Soils can do it all: not only do they sustain plant and animal life but they sustain us, too. The production of many different foods, feeds and plant raw materials is also founded on soils. They store and filter our groundwater, serve as grounds for constructions and as an archive of natural and cultural history.

Soils are a mix of mineral and organic substances and are constantly subject to change, either triggered naturally or by us humans. Depending on the parent material, climate, relief, soil fauna and flora, development period and our influence, different types of soil can be distinguished.

The first Berlin-wide Soil Map developed for the Environmental Atlas does not list individual soil types but categorises them into soil associations based on their parent material, soil-forming processes and use. The soil association 1010, for example, consists of para-brown soil and wedged sand-pit brown soil, which is mainly found on the Barnim and Teltow sandy boulder marl plateaus. Dive into the following pages and map to learn more about soil associations and how often and where exactly they occur in the city area.

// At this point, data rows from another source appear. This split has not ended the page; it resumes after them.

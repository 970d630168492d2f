//! Pages that are read and put by their numbers, each with three cells.
//!
//! Promise: what a page shows is what was put there last, and one that can't be told shows nothing. A page is put only
//! where what the file has of it is durable: so between two syncs no page is written twice, and whatever of a page is
//! under way in a crash, there is one content before it, which is durable, and one behind it.
ghost use Rattle.std.specs.Prelude.{◌⊎◌, ◌+◌, ◌*◌, ◌<◌, ◌≤◌, ℕ, IfOk, IsTrue, OnOk, length};
ghost use Rattle.nofs_pages.specs.Stores.{IsStore, Puts, Shows, SyncsPages};
ghost use Rattle.nofs_pages.specs.Views.{StoreState};

use nofs_disk::Failed;

/// The pages of a file. A call answers `Failed` only where the count of faults rose in it.
pub trait PageStore {
    /// What contracts see of them.
    ghost state: { Self → StoreState };

    /// What the file has of a page is durable.
    ghost rests: { Self → ℕ → Type 0 };

    /// What the file has of a page is what was put there, or nothing ever was.
    ghost told: { Self → ℕ → Type 0 };

    /// Shows the cells of some pages, at most 32, from a place on. It answers false where one of them can't be told.
    fn show(&mut self, first: u64, count: usize, into: &mut [u8], to: usize) -> Result<bool, Failed>
        requires place { first + count ≤ 349526 }
        requires count { count ≤ 32 }
        requires into { to + 3168 * count ≤ length into.old }
        ensures shows { Shows (state self.old) (state self.new) first count to into.old into.new result }
        ensures told { IfOk result (λ all. IsTrue all → (j : ℕ) → j < count → told self.new (first + j)) }
        ensures stays_told { (p : ℕ) → told self.old p → told self.new p }
        ensures rests { (p : ℕ) → rests self.old p → rests self.new p };

    /// Puts some pages, at most 32, with these cells. Where it fails, each has any of the bytes that it had, and of
    /// those that it was to get.
    fn put(&mut self, first: u64, count: usize, areas: &[u8]) -> Result<(), Failed>
        requires place { first + count ≤ 349526 }
        requires count { count ≤ 32 }
        requires areas { 3168 * count ≤ length areas.now }
        requires rests { (p : ℕ) → first ≤ p → p < first + count → ∥ rests self.old p ∥₁ }
        ensures puts { Puts (state self.old) (state self.new) first count areas.now result }
        ensures rests { (p : ℕ) → (p < first) ⊎ (first + count ≤ p) → rests self.old p → rests self.new p };

    /// Makes what the file has durable.
    fn sync(&mut self) -> Result<(), Failed>
        ensures syncs { SyncsPages (state self.old) (state self.new) result }
        ensures rests { OnOk result ((p : ℕ) → rests self.new p) };

    ghost is_store: { (store : Self) → IsStore (state store) };
}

The “Soil Associations” Map presents both near-natural and anthropogenic, i.e. man-made or influenced, soil associations. You may come across collective soil associations in East-Berlin and concept soil association dotted across the entire city: soil associations have been aggregated to form collective soil associations, where the data available is not detailed enough. Concept soil associations are characterised by a combination of use and geomorphology, which has not yet been confirmed by soil analysis.